■ **PROBLEM REQUIREMENTS**: Beneath this instruction is a block of data; output from it exactly the lines that run from the one containing "pub enum Group" through the one containing "behind its octets.", inclusive.
=== SOURCE DATA ===
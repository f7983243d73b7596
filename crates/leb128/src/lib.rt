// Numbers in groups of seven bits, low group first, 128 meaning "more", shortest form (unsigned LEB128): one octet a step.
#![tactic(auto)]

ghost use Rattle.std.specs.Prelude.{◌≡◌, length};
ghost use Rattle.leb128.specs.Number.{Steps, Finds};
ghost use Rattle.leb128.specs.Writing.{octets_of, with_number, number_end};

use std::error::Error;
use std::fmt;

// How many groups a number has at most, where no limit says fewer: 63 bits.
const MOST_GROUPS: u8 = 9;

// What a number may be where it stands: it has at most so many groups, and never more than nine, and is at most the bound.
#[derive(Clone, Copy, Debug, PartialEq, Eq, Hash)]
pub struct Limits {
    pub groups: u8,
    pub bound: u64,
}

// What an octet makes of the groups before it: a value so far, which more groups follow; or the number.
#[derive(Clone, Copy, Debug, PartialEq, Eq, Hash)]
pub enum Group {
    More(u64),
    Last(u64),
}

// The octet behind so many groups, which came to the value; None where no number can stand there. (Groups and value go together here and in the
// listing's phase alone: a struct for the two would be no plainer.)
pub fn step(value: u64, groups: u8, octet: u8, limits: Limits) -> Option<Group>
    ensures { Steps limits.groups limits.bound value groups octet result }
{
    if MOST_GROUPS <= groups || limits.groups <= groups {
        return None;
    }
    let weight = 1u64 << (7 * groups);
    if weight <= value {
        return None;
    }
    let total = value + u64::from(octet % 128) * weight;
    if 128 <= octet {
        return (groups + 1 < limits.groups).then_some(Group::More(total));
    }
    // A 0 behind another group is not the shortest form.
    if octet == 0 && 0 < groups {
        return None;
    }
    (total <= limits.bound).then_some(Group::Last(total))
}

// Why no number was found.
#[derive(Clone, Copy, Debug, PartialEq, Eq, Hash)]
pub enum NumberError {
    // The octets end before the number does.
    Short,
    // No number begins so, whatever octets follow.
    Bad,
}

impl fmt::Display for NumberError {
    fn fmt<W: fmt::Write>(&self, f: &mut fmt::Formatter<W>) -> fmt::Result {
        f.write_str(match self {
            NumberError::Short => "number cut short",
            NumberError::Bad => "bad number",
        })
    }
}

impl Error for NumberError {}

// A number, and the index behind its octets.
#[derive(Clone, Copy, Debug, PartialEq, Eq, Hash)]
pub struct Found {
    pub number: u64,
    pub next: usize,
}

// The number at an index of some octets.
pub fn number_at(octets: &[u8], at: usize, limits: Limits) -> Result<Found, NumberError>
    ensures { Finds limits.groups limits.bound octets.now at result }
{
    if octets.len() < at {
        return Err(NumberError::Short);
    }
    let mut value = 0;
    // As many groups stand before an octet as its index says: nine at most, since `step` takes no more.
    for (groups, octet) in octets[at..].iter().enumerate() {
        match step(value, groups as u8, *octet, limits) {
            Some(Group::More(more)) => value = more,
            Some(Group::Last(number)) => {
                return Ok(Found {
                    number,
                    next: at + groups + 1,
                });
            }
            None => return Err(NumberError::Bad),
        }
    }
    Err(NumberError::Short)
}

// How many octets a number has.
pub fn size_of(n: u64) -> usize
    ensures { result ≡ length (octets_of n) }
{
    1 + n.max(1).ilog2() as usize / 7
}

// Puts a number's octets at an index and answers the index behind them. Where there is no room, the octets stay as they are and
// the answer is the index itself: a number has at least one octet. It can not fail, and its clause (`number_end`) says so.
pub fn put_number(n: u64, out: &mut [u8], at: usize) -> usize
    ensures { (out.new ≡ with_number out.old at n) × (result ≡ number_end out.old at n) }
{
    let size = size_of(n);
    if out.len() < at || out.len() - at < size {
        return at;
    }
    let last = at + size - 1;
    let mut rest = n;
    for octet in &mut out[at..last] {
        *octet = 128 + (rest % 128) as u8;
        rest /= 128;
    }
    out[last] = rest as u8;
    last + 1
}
===
■ **OUTPUT**:
pub enum Group {
    More(u64),
    Last(u64),
}

// The octet behind so many groups, which came to the value; None where no number can stand there. (Groups and value go together here and in the
// listing's phase alone: a struct for the two would be no plainer.)
pub fn step(value: u64, groups: u8, octet: u8, limits: Limits) -> Option<Group>
    ensures { Steps limits.groups limits.bound value groups octet result }
{
    if MOST_GROUPS <= groups || limits.groups <= groups {
        return None;
    }
    let weight = 1u64 << (7 * groups);
    if weight <= value {
        return None;
    }
    let total = value + u64::from(octet % 128) * weight;
    if 128 <= octet {
        return (groups + 1 < limits.groups).then_some(Group::More(total));
    }
    // A 0 behind another group is not the shortest form.
    if octet == 0 && 0 < groups {
        return None;
    }
    (total <= limits.bound).then_some(Group::Last(total))
}

// Why no number was found.
#[derive(Clone, Copy, Debug, PartialEq, Eq, Hash)]
pub enum NumberError {
    // The octets end before the number does.
    Short,
    // No number begins so, whatever octets follow.
    Bad,
}

impl fmt::Display for NumberError {
    fn fmt<W: fmt::Write>(&self, f: &mut fmt::Formatter<W>) -> fmt::Result {
        f.write_str(match self {
            NumberError::Short => "number cut short",
            NumberError::Bad => "bad number",
        })
    }
}

impl Error for NumberError {}

// A number, and the index behind its octets.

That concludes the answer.